Clichéd, poorly put together...
31 March 2015 | by Leofwine_dracaSee all my reviews

Review of the Complete Story:

I'm sorry, but the Peter Davison adventure KINDA is a huge comedown compared to the heights of DR WHO that we experienced during the 1970s. It's a clichéd adventure set on a jungle planet (again), with a poor script and some frankly embarrassing performances that belong in a pantomime and nowhere else. To make matters worse, the production values are noticeably bad here, with the unconvincing jungle set a poor substitute for the good one seen in the Tom Baker serial PLANET OF EVIL.

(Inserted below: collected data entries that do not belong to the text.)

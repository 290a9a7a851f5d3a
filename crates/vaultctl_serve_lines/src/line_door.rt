//! The door of lines: a port of this machine, or a path.
use crate::place::LinePlace;
use std::fs::{self, Files};
use std::io::{self, Read, Write};
use std::net::{Ipv4Addr, Net, Shutdown, TcpListener, TcpStream};
use std::os::fd::AsRawFd;
use std::os::unix::fs::FileTypeExt;
use std::os::unix::net::{UnixListener, UnixStream};
use std::time::Duration;
use vaultctl_serve::peer::Peer;

/// Where lines come in.
#[derive(Drop)]
pub enum LineListener {
    /// A port of 127.0.0.1.
    Port(TcpListener),
    /// A Unix socket.
    Path(UnixListener),
}

/// The other side of a connection of lines.
#[derive(Drop)]
pub enum LinePeer {
    /// It came to a port.
    Port(TcpStream),
    /// It came to a Unix socket.
    Path(UnixStream),
}

impl Peer for LinePeer {
    fn read_within(&self, buf: &mut [u8], limit: Duration) -> io::Result<usize> {
        match self {
            LinePeer::Port(stream) => stream.read_within(buf, limit),
            LinePeer::Path(stream) => {
                stream.set_read_timeout(Some(limit))?;
                let mut reader = stream;
                reader.read(buf)
            }
        }
    }

    fn write_within(&self, buf: &[u8], limit: Duration) -> io::Result<usize> {
        match self {
            LinePeer::Port(stream) => stream.write_within(buf, limit),
            LinePeer::Path(stream) => {
                stream.set_write_timeout(Some(limit))?;
                let mut writer = stream;
                writer.write(buf)
            }
        }
    }

    fn end(&self) -> io::Result<()> {
        match self {
            LinePeer::Port(stream) => stream.end(),
            LinePeer::Path(stream) => stream.shutdown(Shutdown::Write),
        }
    }
}

impl LinePeer {
    /// The number of its descriptor.
    pub fn descriptor(&self) -> i32 {
        match self {
            LinePeer::Port(stream) => stream.as_raw_fd(),
            LinePeer::Path(stream) => stream.as_raw_fd(),
        }
    }
}

/// Removes the socket that an earlier server left at the path. Anything else is left there.
fn clear<F: Files>(files: &F, path: &str) -> io::Result<()> {
    match fs::symlink_metadata(files, path) {
        Ok(found) if found.file_type().is_socket() => fs::remove_file(files, path),
        _ => Ok(()),
    }
}

impl LineListener {
    /// Listens at that place, so that no accept waits. Of a path what an earlier server left is removed first; whoever
    /// calls this has the vault to itself, so no other server of that vault listens there.
    ///
    /// The error is the system's: the port isn't free or isn't for this user, or no socket can be made at the path.
    pub fn at<R: Net<Stream = TcpStream, Listener = TcpListener> + Files>(
        rt: &R,
        place: LinePlace<'_>,
    ) -> io::Result<LineListener> {
        match place {
            LinePlace::Port(port) => {
                let listener = TcpListener::bind(rt, (Ipv4Addr::LOCALHOST, port))?;
                listener.set_nonblocking(true)?;
                Ok(LineListener::Port(listener))
            }
            LinePlace::Path(path) => {
                clear(rt, path)?;
                let listener = UnixListener::bind(rt, path)?;
                listener.set_nonblocking(true)?;
                Ok(LineListener::Path(listener))
            }
        }
    }

    /// The number of its descriptor.
    pub fn descriptor(&self) -> i32 {
        match self {
            LineListener::Port(listener) => listener.as_raw_fd(),
            LineListener::Path(listener) => listener.as_raw_fd(),
        }
    }

    /// Takes the next connection.
    pub fn accept(&self) -> io::Result<LinePeer> {
        match self {
            LineListener::Port(listener) => {
                let (stream, _) = listener.accept()?;
                Ok(LinePeer::Port(stream))
            }
            LineListener::Path(listener) => {
                let (stream, _) = listener.accept()?;
                Ok(LinePeer::Path(stream))
            }
        }
    }
}
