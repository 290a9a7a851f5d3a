//! Two doors of one server, for which one thread waits: requests at a port, lines at another or at a path.
ghost use Rattle.std.specs.Prelude.{◌≡◌, ◌≢◌, IfSome, IsTrue, None, Some, false};
ghost use Rattle.vaultctl_log.specs.Logging.{IsLogged};
ghost use Rattle.vaultctl_serve_lines.specs.Troubles.{LogsAtMostOne, LogsIf, LogsTrouble, LogsUntaken, has_begun as line_begun};

use crate::doors::{Arrived, Doors};
use crate::line_door::LineListener;
use crate::talk::Talk;
use libc::net::{POLLIN, poll};
use libc::types::pollfd;
use std::alloc::Global;
use std::io::{self, ErrorKind, Write};
use std::net::{TcpListener, TcpStream};
use std::os::fd::AsRawFd;
use std::thread;
use std::time::{Clock, Duration, Instant};
use vault_http::Hosts;
use vaultctl_log::entry::{Door, Entry, Trouble, log_entry};
use vaultctl_serve::clock;
use vaultctl_serve::deadline::{BETWEEN_TRIES, HEAD};
use vaultctl_serve::noted::nothing;
use vaultctl_serve_lines_answers::heard::Heard;

/// Milliseconds for which a connection of lines may be silent between two lines where no other waits.
const SILENT: u64 = 60_000;

/// Two doors of one server. Of the door of lines one connection is open at a time.
#[derive(Drop)]
pub struct TwoDoors<'a, C: Clock, W: Write + Drop> {
    /// The clock that is read.
    pub clock: &'a C,
    /// Where what is read is kept.
    pub alloc: Global,
    /// Where requests come in.
    pub requests: &'a TcpListener,
    /// Where lines come in.
    pub lines: &'a LineListener,
    /// The hosts that requests may be for.
    pub hosts: &'a Hosts,
    /// Who gets a line of what becomes of each request and each line; none where nothing is logged.
    pub log: Option<W>,
    /// The connection of lines that is open.
    pub talk: Option<Talk>,
    /// A line came last, so that a request that waits goes before the next one.
    pub line_was_last: bool,
}

/// Who has something to say.
#[derive(Clone, Copy)]
struct Ready {
    /// A connection with a request.
    request: bool,
    /// The open connection of lines.
    talk: bool,
    /// Another connection of lines.
    another: bool,
}

/// A descriptor that is waited for.
fn waited_for(descriptor: i32) -> pollfd {
    pollfd {
        fd: descriptor,
        events: POLLIN,
        revents: 0,
    }
}

/// No descriptor, which `poll` passes over.
const NONE: i32 = -1;

/// The whole milliseconds of a time, as `poll` takes them.
fn millis(time: Duration) -> i32 {
    i32::try_from(time.as_millis()).unwrap_or(i32::MAX)
}

/// How long a connection of lines may be silent between two lines.
fn silence(another: bool) -> Duration {
    Duration::from_millis(if another { HEAD } else { SILENT })
}

/// What the trouble was with a connection of lines on which nothing more is read; none where it came to its end.
fn trouble_in(kind: ErrorKind) -> Option<Trouble>
    ensures end { kind ≡ ErrorKind.UnexpectedEof → result ≡ None }
    ensures memory { kind ≡ ErrorKind.OutOfMemory → result ≡ Some Trouble.Memory }
    ensures late { kind ≢ ErrorKind.UnexpectedEof → kind ≢ ErrorKind.OutOfMemory → result ≡ Some Trouble.Late }
{
    match kind {
        ErrorKind::UnexpectedEof => None,
        ErrorKind::OutOfMemory => Some(Trouble::Memory),
        _ => Some(Trouble::Late),
    }
}

/// Whether a part of a line has come on an open connection that isn't answered.
fn has_begun(talk: &Option<Talk>) -> bool
    ensures { result ≡ line_begun talk.now }
{
    match talk {
        Some(open) => open.has_begun(),
        None => false,
    }
}

impl<C: Clock, W: Write + Drop> TwoDoors<'_, C, W> {
    /// Whether a connection of lines waits that isn't open yet.
    fn another_waits(&self) -> bool {
        let mut found = [waited_for(self.lines.descriptor())];
        poll(&mut found, 0) > 0
    }

    /// For how many milliseconds one waits at most; -1 is without end.
    fn limit(&self, another: bool) -> i32 {
        match &self.talk {
            None if another => 0,
            None => -1,
            Some(open) if open.has_line() => 0,
            Some(open) => millis(open.patience(silence(another))),
        }
    }

    /// Waits until somebody has something to say, or the patience with the open connection is at its end.
    fn wait(&self) -> Ready {
        let another = self.another_waits();
        let talk = self.talk.as_ref().map_or(NONE, |open| open.descriptor());
        let mut found = [
            waited_for(self.requests.as_raw_fd()),
            waited_for(talk),
            waited_for(if another {
                NONE
            } else {
                self.lines.descriptor()
            }),
        ];
        let _ = poll(&mut found, self.limit(another));
        let has_line = self.talk.as_ref().map_or(false, |open| open.has_line());
        Ready {
            request: found[0].revents != 0,
            talk: has_line || found[1].revents != 0,
            another: another || found[2].revents != 0,
        }
    }

    /// The same, and counts how long one has waited.
    fn wait_counting(&mut self) -> io::Result<Ready>
        ensures { self.new.log ≡ self.old.log }
    {
        let since = Instant::now(self.clock)?;
        let ready = self.wait();
        let time = since.elapsed(self.clock)?;
        if let Some(open) = &mut self.talk {
            open.wait(time);
        }
        Ok(ready)
    }

    /// Logs what kept a connection or a line from being taken. An entry that can't be written is lost.
    fn log_trouble(&mut self, door: Door, trouble: Trouble)
        ensures logged { LogsTrouble W.contents self.old.log self.new.log door trouble }
        ensures talk { self.new.talk ≡ self.old.talk }
    {
        let reading = clock::reading(self.clock);
        let _ = log_entry(self.alloc, &mut self.log, &nothing(door, reading, trouble));
    }

    /// Logs what kept a line from being taken, where something did.
    fn log_any(&mut self, trouble: Option<Trouble>)
        ensures logged { LogsIf W.contents self.old.log self.new.log Door.Lines trouble }
        ensures talk { self.new.talk ≡ self.old.talk }
    {
        match trouble {
            Some(trouble) => self.log_trouble(Door::Lines, trouble),
            None => {}
        }
    }

    /// Waits a little after a connection that can't be taken, so that a fault that lasts doesn't keep the machine busy.
    fn miss(&mut self, door: Door)
        ensures logged { LogsTrouble W.contents self.old.log self.new.log door Trouble.Connection }
        ensures talk { self.new.talk ≡ self.old.talk }
    {
        self.log_trouble(door, Trouble::Connection);
        thread::sleep(self.clock, Duration::from_millis(BETWEEN_TRIES));
    }

    /// Opens the connection of lines that waits, where none is open. After one that can't be taken it waits a little,
    /// so that a fault that lasts doesn't keep the machine busy.
    fn open(&mut self)
        ensures logged { LogsAtMostOne W.contents self.old.log self.new.log }
        ensures opened { IfSome self.new.talk (λ talk. self.old.talk ≡ None → self.new.log ≡ self.old.log) }
    {
        let Ok(since) = Instant::now(self.clock) else {
            return;
        };
        match self.lines.accept() {
            Ok(peer) => self.talk = Some(Talk::new(self.alloc, peer, since)),
            Err(_) => self.miss(Door::Lines),
        }
    }

    /// Closes the open connection where one has no patience with it any more.
    fn close_late(&mut self, another: bool)
        // The late line of a connection that is closed is logged, once. Of one that stays, or was silent, nothing is.
        ensures late { self.new.talk ≡ None → IsTrue (line_begun self.old.talk) → LogsTrouble W.contents self.old.log self.new.log Door.Lines Trouble.Late }
        ensures silent { line_begun self.old.talk ≡ false → self.new.log ≡ self.old.log }
        ensures open { self.new.talk ≢ None → self.new.log ≡ self.old.log }
        ensures logged { LogsAtMostOne W.contents self.old.log self.new.log }
    {
        let is_late = match &self.talk {
            Some(open) => millis(open.patience(silence(another))) == 0,
            None => false,
        };
        if is_late {
            self.log_late();
            self.talk = None;
        }
    }

    /// Logs that the line at hand is late, where one was begun: a connection may be silent between two lines.
    fn log_late(&mut self)
        ensures late { IsTrue (line_begun self.old.talk) → LogsTrouble W.contents self.old.log self.new.log Door.Lines Trouble.Late }
        ensures silent { line_begun self.old.talk ≡ false → self.new.log ≡ self.old.log }
        ensures logged { LogsAtMostOne W.contents self.old.log self.new.log }
        ensures talk { self.new.talk ≡ self.old.talk }
    {
        if has_begun(&self.talk) {
            self.log_trouble(Door::Lines, Trouble::Late);
        }
    }

    /// Opens the connection of lines that waits, if one does, and none is open.
    fn open_waiting(&mut self, another: bool)
        ensures logged { LogsAtMostOne W.contents self.old.log self.new.log }
    {
        if another && self.talk.is_none() {
            self.open();
        }
    }

    /// Sees to the connections of lines where none of them has something to say.
    fn look_after(&mut self, ready: Ready)
        ensures logged { LogsUntaken W.contents self.old.log self.new.log }
    {
        if ready.talk {
            return;
        }
        self.close_late(ready.another);
        self.open_waiting(ready.another);
    }

    /// Takes a request. After one that can't be taken it waits a little, as `open` does.
    fn take_request(&mut self) -> Option<TcpStream>
        ensures missed { result ≡ None → LogsTrouble W.contents self.old.log self.new.log Door.Requests Trouble.Connection }
        ensures taken { IfSome result (λ peer. self.new.log ≡ self.old.log) }
        ensures talk { self.new.talk ≡ self.old.talk }
    {
        self.line_was_last = false;
        match self.requests.accept() {
            Ok((peer, _)) => Some(peer),
            Err(_) => {
                self.miss(Door::Requests);
                None
            }
        }
    }

    /// Reads on the open connection, and takes its next line, if that is whole. A connection that is at its end, or
    /// whose line is late, is closed.
    fn take_line(&mut self) -> Option<(Heard, Talk)>
        // What kept a line from being taken is logged once, or it was no trouble.
        ensures logged { LogsAtMostOne W.contents self.old.log self.new.log }
        ensures taken { IfSome result (λ line. self.new.log ≡ self.old.log) }
        ensures open { self.new.talk ≢ None → self.new.log ≡ self.old.log }
    {
        self.line_was_last = true;
        let mut open = self.talk.take()?;
        match open.read_on(self.clock, self.alloc) {
            Ok(Some(heard)) => Some((heard, open)),
            Ok(None) => {
                self.talk = Some(open);
                None
            }
            Err(fault) => {
                self.log_any(trouble_in(fault.kind()));
                None
            }
        }
    }

    /// Takes a request, if one can be taken.
    fn next_request(&mut self) -> Arrived<TcpStream, Talk>
        ensures logged { LogsUntaken W.contents self.old.log self.new.log }
    {
        match self.take_request() {
            Some(peer) => Arrived::Request(peer),
            None => Arrived::Nothing,
        }
    }

    /// Takes a line, if one is whole.
    fn next_line(&mut self) -> Arrived<TcpStream, Talk>
        ensures logged { LogsUntaken W.contents self.old.log self.new.log }
    {
        match self.take_line() {
            Some((heard, talk)) => Arrived::Line(heard, talk),
            None => Arrived::Nothing,
        }
    }

    /// Takes a request or a line of who has something to say.
    fn take_ready(&mut self, ready: Ready) -> Arrived<TcpStream, Talk>
        ensures logged { LogsUntaken W.contents self.old.log self.new.log }
    {
        if ready.request && (self.line_was_last || !ready.talk) {
            return self.next_request();
        }
        if !ready.talk {
            return Arrived::Nothing;
        }
        self.next_line()
    }
}

impl<C: Clock, W: Write + Drop> Doors for TwoDoors<'_, C, W> {
    type Request = TcpStream;

    type Talker = Talk;

    ghost tries = { λ _. None };

    ghost shown = { λ _. None };

    ghost silent = { λ before after. LogsUntaken W.contents before.log after.log };

    ghost logs = { λ before facts asked answered whole after. IsLogged W.contents before.log facts asked answered whole after.log };

    fn next(&mut self) -> Arrived<TcpStream, Talk> {
        let Ok(ready) = self.wait_counting() else {
            // Without a clock no connection of lines could ever be late.
            self.talk = None;
            thread::sleep(self.clock, Duration::from_millis(BETWEEN_TRIES));
            return Arrived::Nothing;
        };
        self.look_after(ready);
        self.take_ready(ready)
    }

    fn reading(&self) -> i64 {
        clock::reading(self.clock)
    }

    fn hosts(&self) -> &Hosts {
        self.hosts
    }

    fn log(&mut self, entry: &Entry<'_>) -> io::Result<()> {
        log_entry(self.alloc, &mut self.log, entry)
    }

    fn keep(&mut self, talker: Talk) {
        let mut open = talker;
        open.answered();
        self.talk = Some(open);
    }
}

Davison contributes a weak performance as the Doctor, a character who has little to do in this adventure. He's also saddled with a trio of poor companions: Adric is as annoying as ever, Nyssa sits the whole thing out, and Tegan is just, well, bland. Ironically, one of the worst performances comes from the Oscar nominated Richard Todd (THE LONGEST DAY), who hams it up a treat as a gruff military type (what else) who's set again our heroes from the start.

Inevitably the worst thing about the production is the story, which is way too familiar from loads of other stories to be in the least bit memorable. For once I'd like to see an episode where the Doctor and his companions aren't arrested/blamed/treated with suspicion when they arrive at a location. The writer infuses the native storyline with Buddhist theology but it all feels very juvenile and something below the standards of even children's television; an almost entire lack of action, incident, and danger combine to make this one of the very worst.